Data Block Start

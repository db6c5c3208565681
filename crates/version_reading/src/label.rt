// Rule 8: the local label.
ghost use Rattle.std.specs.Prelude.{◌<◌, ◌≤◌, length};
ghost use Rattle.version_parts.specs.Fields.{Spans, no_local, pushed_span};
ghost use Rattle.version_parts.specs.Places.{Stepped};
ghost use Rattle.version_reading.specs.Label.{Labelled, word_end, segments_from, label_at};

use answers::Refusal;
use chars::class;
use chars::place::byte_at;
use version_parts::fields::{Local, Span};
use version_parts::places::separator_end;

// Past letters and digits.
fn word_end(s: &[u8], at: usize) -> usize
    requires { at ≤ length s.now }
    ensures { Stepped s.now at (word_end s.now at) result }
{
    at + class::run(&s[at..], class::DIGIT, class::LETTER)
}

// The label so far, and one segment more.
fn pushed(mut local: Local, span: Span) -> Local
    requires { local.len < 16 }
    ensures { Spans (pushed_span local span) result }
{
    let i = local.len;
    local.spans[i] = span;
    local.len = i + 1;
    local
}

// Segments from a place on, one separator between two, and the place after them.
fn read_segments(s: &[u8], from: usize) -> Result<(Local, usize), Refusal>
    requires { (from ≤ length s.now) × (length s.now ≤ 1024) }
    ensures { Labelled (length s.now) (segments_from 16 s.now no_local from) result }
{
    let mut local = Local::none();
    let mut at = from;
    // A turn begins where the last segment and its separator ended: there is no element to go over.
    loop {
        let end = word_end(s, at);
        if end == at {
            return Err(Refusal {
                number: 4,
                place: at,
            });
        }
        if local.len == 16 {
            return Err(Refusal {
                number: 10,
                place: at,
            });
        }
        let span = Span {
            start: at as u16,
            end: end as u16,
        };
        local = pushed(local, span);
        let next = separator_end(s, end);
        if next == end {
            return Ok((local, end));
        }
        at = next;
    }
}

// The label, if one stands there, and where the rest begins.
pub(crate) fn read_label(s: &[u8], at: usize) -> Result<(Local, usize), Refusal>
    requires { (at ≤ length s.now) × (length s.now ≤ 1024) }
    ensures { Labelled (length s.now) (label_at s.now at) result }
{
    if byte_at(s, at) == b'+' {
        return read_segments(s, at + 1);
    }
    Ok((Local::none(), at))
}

Data Block End
Data Block Start

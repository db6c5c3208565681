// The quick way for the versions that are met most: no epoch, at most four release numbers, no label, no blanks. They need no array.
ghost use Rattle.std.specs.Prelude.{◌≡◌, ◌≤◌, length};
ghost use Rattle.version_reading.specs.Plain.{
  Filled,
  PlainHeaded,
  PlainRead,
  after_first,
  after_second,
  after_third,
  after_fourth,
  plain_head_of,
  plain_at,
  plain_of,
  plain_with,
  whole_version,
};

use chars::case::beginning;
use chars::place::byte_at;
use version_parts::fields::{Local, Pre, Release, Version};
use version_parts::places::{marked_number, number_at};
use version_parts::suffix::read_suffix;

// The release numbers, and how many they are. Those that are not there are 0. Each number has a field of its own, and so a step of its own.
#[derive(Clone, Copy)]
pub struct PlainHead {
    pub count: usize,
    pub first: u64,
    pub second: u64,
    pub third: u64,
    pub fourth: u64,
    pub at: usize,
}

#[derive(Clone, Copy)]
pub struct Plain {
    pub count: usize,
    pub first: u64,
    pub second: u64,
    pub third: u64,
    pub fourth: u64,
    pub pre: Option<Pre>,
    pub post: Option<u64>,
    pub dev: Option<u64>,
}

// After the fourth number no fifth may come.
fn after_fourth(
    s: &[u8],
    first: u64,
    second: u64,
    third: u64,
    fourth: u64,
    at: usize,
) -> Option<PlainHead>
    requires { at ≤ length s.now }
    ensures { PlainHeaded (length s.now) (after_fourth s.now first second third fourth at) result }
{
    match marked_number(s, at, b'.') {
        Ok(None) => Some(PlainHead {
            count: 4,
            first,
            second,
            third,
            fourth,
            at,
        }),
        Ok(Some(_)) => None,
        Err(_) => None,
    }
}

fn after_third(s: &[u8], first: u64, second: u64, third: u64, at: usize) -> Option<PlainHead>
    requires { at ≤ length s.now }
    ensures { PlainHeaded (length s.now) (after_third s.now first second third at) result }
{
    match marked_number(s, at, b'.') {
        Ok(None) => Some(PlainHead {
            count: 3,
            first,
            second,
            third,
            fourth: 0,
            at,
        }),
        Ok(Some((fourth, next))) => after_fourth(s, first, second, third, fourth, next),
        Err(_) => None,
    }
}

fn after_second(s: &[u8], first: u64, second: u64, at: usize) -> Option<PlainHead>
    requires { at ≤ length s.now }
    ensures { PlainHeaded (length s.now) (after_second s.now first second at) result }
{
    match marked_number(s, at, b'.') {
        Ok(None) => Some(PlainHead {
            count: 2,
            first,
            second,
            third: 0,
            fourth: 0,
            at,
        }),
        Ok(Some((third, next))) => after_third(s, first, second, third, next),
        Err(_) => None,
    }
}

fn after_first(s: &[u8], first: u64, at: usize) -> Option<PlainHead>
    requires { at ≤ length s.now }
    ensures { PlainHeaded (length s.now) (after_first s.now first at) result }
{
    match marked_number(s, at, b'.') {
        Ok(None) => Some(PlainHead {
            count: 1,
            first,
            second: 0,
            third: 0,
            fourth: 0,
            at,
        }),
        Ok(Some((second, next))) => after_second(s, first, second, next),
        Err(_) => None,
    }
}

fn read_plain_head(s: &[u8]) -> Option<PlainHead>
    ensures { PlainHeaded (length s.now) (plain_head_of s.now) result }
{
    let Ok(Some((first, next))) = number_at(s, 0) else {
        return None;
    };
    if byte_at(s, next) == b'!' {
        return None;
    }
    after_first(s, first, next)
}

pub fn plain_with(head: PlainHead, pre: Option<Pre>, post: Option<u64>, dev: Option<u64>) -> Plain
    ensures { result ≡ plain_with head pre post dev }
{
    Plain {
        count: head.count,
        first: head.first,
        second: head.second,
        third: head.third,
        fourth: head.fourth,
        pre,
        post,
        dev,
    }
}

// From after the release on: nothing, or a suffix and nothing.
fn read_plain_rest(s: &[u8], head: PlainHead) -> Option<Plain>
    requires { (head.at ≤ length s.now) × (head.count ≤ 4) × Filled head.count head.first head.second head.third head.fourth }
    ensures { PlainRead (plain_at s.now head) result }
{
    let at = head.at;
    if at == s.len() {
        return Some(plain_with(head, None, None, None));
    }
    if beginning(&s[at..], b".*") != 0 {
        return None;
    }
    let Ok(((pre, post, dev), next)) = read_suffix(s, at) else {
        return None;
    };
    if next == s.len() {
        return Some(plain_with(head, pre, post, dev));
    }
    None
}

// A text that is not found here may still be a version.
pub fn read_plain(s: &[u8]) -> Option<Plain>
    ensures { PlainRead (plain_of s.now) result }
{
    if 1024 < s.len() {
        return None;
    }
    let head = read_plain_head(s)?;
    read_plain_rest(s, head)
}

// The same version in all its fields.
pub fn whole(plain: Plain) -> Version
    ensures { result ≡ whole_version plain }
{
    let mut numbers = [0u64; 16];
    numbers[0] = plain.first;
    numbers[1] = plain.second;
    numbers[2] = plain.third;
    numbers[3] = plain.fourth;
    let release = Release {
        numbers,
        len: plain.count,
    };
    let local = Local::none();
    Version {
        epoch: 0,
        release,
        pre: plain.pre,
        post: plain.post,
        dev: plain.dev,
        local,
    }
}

Data Block End

# [Work request]
Using the records above, set down exactly the lines from the one with "fn word_end(s: &[u8], at: usize) -> usize" through the one with "start: at as", inclusive, and nothing more.

# [Exercise solution]
fn word_end(s: &[u8], at: usize) -> usize
    requires { at ≤ length s.now }
    ensures { Stepped s.now at (word_end s.now at) result }
{
    at + class::run(&s[at..], class::DIGIT, class::LETTER)
}

// The label so far, and one segment more.
fn pushed(mut local: Local, span: Span) -> Local
    requires { local.len < 16 }
    ensures { Spans (pushed_span local span) result }
{
    let i = local.len;
    local.spans[i] = span;
    local.len = i + 1;
    local
}

// Segments from a place on, one separator between two, and the place after them.
fn read_segments(s: &[u8], from: usize) -> Result<(Local, usize), Refusal>
    requires { (from ≤ length s.now) × (length s.now ≤ 1024) }
    ensures { Labelled (length s.now) (segments_from 16 s.now no_local from) result }
{
    let mut local = Local::none();
    let mut at = from;
    // A turn begins where the last segment and its separator ended: there is no element to go over.
    loop {
        let end = word_end(s, at);
        if end == at {
            return Err(Refusal {
                number: 4,
                place: at,
            });
        }
        if local.len == 16 {
            return Err(Refusal {
                number: 10,
                place: at,
            });
        }
        let span = Span {
            start: at as u16,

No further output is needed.